# Given records
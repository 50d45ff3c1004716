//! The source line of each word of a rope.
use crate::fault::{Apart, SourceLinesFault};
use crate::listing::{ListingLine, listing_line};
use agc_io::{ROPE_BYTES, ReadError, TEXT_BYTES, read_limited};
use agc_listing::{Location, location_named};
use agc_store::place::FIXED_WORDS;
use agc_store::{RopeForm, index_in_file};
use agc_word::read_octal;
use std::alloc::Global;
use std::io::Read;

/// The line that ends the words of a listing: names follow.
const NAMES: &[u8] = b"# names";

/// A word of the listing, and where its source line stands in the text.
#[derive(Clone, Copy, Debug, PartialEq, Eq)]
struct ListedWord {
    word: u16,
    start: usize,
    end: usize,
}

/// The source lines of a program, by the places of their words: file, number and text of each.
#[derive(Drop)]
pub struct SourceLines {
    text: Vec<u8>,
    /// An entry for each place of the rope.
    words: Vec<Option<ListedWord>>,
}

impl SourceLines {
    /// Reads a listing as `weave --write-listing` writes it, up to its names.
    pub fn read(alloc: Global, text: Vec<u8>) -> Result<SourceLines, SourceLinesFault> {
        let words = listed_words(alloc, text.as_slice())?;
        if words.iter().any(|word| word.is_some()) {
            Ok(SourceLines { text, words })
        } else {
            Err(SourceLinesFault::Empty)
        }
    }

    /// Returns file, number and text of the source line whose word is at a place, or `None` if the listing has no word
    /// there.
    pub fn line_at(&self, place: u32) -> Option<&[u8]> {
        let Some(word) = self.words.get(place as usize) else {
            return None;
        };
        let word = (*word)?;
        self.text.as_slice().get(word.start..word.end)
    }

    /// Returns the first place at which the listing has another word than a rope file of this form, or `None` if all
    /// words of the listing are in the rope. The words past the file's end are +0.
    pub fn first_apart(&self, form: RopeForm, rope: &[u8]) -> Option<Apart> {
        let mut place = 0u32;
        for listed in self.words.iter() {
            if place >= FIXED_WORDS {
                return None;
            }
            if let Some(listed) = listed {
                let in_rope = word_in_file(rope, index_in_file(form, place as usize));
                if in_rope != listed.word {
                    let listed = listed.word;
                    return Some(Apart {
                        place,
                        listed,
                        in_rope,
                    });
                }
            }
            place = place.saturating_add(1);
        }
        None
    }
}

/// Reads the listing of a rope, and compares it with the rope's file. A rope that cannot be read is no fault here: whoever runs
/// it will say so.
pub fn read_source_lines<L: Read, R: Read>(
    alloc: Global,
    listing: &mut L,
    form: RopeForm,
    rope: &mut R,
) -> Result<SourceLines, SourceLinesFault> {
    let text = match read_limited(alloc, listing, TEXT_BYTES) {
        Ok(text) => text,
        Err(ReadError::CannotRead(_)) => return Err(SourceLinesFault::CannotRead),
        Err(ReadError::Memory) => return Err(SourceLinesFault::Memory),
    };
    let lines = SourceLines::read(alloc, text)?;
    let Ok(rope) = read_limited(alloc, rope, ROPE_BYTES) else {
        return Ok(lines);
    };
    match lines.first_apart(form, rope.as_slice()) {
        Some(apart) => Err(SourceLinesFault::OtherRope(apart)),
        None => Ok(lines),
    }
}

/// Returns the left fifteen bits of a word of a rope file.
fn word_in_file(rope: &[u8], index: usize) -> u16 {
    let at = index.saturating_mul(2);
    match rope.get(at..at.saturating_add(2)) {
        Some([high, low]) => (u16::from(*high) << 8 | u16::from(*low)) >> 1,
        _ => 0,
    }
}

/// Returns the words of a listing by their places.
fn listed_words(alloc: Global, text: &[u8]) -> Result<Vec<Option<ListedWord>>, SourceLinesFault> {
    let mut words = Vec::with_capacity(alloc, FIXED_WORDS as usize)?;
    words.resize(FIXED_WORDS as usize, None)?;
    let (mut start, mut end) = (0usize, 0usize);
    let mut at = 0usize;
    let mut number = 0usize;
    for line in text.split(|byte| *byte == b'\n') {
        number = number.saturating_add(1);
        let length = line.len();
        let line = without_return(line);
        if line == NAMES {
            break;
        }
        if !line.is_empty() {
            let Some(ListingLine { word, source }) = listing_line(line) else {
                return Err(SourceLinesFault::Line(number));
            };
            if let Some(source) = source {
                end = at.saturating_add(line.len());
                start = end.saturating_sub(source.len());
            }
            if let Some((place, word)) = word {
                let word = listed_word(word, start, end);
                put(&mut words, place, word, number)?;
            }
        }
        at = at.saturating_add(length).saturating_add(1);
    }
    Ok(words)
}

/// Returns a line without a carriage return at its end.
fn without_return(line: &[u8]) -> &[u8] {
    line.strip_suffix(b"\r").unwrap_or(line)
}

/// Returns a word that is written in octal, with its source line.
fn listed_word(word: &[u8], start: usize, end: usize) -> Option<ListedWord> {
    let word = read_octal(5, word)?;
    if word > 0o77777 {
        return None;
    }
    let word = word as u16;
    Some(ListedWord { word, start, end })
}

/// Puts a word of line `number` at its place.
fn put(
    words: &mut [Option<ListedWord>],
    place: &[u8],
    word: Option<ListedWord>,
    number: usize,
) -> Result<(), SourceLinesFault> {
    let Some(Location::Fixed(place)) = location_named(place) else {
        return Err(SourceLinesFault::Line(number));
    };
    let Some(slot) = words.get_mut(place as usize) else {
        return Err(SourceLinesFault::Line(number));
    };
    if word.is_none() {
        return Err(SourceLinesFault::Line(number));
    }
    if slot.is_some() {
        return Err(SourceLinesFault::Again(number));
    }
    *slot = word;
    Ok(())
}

# Work required
Scan the records for the string "ListedWord" and report each line where it occurs.

# Solution for this task
struct ListedWord {
    words: Vec<Option<ListedWord>>,
fn listed_words(alloc: Global, text: &[u8]) -> Result<Vec<Option<ListedWord>>, SourceLinesFault> {
fn listed_word(word: &[u8], start: usize, end: usize) -> Option<ListedWord> {
    Some(ListedWord { word, start, end })
    words: &mut [Option<ListedWord>],
    word: Option<ListedWord>,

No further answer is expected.